Feuilleton Goldoni, Les Aventures de Zelinda et Lindoro

9,5/10
18
Et 1, et 2, et 3 Carlo !

En matière de trilogie goldonienne, on connaît évidemment tous celle de la Villégiature.
Les aventures de Zelinda et Lindoro sont beaucoup moins jouées. Et c’est bien dommage.

1764.
Carlo Goldoni est à Paris depuis deux années, pour redresser la petite entreprise des Comédiens italiens.
Avec cette nouvelle trilogie, il va leur donner à jouer un texte très construit.
Alors qu’eux ne veulent entendre parler que d’un canevas sur lequel il pourront broder. Il doit s’exécuter...
Les trois pièces auront un très grand succès dans la capitale. A Venise, quelque temps après, ce sera un bide retentissant.

L’éloge de la langue française contenue dans l’un des trois opus ? Allez donc savoir...

En montant et en adaptant ces trois pièces, Muriel Mayette-Holtz va nous démontrer avec beaucoup d’intelligence et de subtilité sa très grande connaissance de l’œuvre.
Pour dépoter, ça va dépoter !

Ah ! L’amour !
Goldoni nous embarque dans sa vision, sa dissection quasi-sociologique de cette passion humaine.
Ou quand une passion très légitime devient pathologique.
Ah ! La jalousie qui fait que cet amour cède la place à la paranoïa !

Un couple de serviteurs dans une famille bourgeoise vénitienne.
Nous allons suivre pour notre plus grand plaisir les amours compliquées de Zelinda et Lindoro. (C’est un euphémisme...)

Ces deux-là vont se créer bien des tourments.



Quand le comique se dispute au pathétique (au sens premier du terme...)

La patronne du Théâtre National de Nice a donc adapté cette œuvre.

Assurément pour rester dans « l’esprit canevas » évoqué un peu plus haut.
Avec un texte aux petits oignons, modernisé, sur lequel les comédiens peuvent broder tout en se l’appropriant.

Nous sommes sur la corde raide de la Comédia dell’arte.
Goldoni veut et réussit à passer à autre chose que cette discipline italienne, mais ses comédiens ne l’entendent pas de cette oreille.
D’où cette mise en scène survitaminée, qui va nous emporter dans un maelström délicieux et hilarant.


Au fond, Lindoro, ce serait un Arlequin en pleine mutation.

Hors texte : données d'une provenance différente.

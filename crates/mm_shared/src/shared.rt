//! A session that databases share.

ghost use Rattle.std.specs.Prelude.{◌≡◌, ◌≢◌, ◌<◌, ◌≤◌, ◌↔◌, ◌^◌, [], Err, Ok, false, length, map, true, IfErr, IfOk, IsErrOf, IsTrue, OnErr, OnOk};
ghost use Rattle.std.specs.Io.KnownBytes.{Keeps};
ghost use Rattle.plain_tables.specs.Doing.{done};
ghost use Rattle.plain_tables.specs.ResolvedLaws.{IsMeant, emptied};
ghost use Rattle.plain_tables.specs.Transactions.{begun, committed, rolled_back};
ghost use Rattle.plain_tables.specs.declared.resolved.Resolved.TheVariants as resolved;
ghost use Rattle.plain_streams.specs.Division.{IsWhole};
ghost use Rattle.mm_catalog.specs.Seen.{database_of};
ghost use Rattle.mm_cells.specs.Reading.{AreFull};
ghost use Rattle.mm_cells.specs.Values.{values_of};
ghost use Rattle.mm_session.specs.Changing.{HasChanged, IsChange, ShowsValues};
ghost use Rattle.mm_session.specs.Counting.{HasRows};
ghost use Rattle.mm_session.specs.First.{ShowsFirst};
ghost use Rattle.mm_session.specs.Found.{HasFound};
ghost use Rattle.mm_session.specs.OneRequest.{AnswersOne, GoesBetween, IsAtSamePlace, StaysInStream};
ghost use Rattle.mm_session.specs.Reads.{WouldChange};
ghost use Rattle.mm_session.specs.Rooms.{IsBounded};
ghost use Rattle.mm_transactions.specs.Log.{AreSettled};
ghost use Rattle.mm_session.specs.Sessions.{BreaksOff, Feeds, Finishes, Gains, new_session, tables_of};
ghost use Rattle.mm_session.specs.declared.fault.SelectFault.TheVariants as select_fault;
ghost use Rattle.mm_shared.specs.Faults.{IsUndone};
ghost use Rattle.mm_shared.specs.declared.faults.BeginFault.TheVariants as begin_fault;
ghost use Rattle.mm_shared.specs.declared.faults.ChangeFault.TheVariants as change_fault;
ghost use Rattle.mm_shared.specs.declared.faults.RequestFault.TheVariants as request_fault;
ghost use Rattle.mm_shared.specs.declared.faults.StreamFault.TheVariants as stream_fault;

use crate::faults::{BeginFault, ChangeFault, RequestFault, StreamFault};
use mm_catalog::Catalog;
use mm_catalog::laws::a_catalog_is_consistent;
use mm_cells::Cells;
use mm_interrupts::Interrupts;
use mm_session::{Answer, CountFault, FoundRows, SelectFault, SelectRoom, Session};
use mm_transactions::NoTransaction;
use no_memory::NoMemory;
use plain_tables::{Query, Resolved, RowList, TableNumber, Value};
use plan_chooser::Policy;
use std::alloc::Global;
use std::io::Write;
use std::marker::Model;
use std::mem;
use std::sync::Arc;

/// A session of a database's own, or one behind a counted owner that databases share. The last that is left of these changes it. It is
/// seen as the session, and whether that is shared.
pub struct SharedSession {
    // The session that isn't shared. Beside a shared one it has no tables, and is there once that is left.
    own: Session,
    shared: Option<Arc<Session, Global>>,
}

// It is written out, so that the crates above don't prove anew how each part of a part is freed.
impl Drop for SharedSession {
    fn drop(self) {
        let SharedSession { own: _, shared: _ } = self;
    }
}

impl Model for SharedSession {
    ghost use Rattle.std.specs.Prelude.{IfSome, is_some};
    ghost use Rattle.std.specs.Arc.{arc_value};
    ghost use Rattle.std.specs.Option.{option_map_or};
    ghost use Rattle.mm_session.specs.contracts.session.Session.{the_row as session_row};
    ghost use Rattle.mm_shared.specs.Held.{Held, IsBeside, held_code};

    ghost Value = { Held };

    ghost coded = { held_code session_row.coded };

    ghost view = { λ s. record { session = option_map_or arc_value s.shared s.own; shared = is_some s.shared } };

    ghost invariant = { λ s. IfSome s.shared (λ shared. IsBeside s.own (arc_value shared)) };
}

Durant ces cinq heures qui passent beaucoup trop vite, j’ai retrouvé quant à moi l’esprit cartoonesque de Tex Avery et Chuck Jones.

Ici, la passion va passer avant tout par les corps.
Melle Mayette-Holtz va les faire vibrer, exulter, ces corps !

Ici, les comédiens vont courir, vont crier, vont s’attraper, se frapper, s’étreindre, vont s’attirer, se repousser, vont tomber, se relever, vont trépigner.
Le corps, dans tout ce qu’il a d’organique et de viscéral.
Le corps passionnel.
Le corps qui en dit long sur l’âme humaine.

L’ex-patronne du Français a réuni une troupe épatante de comédiens plus engagés les uns que les autres.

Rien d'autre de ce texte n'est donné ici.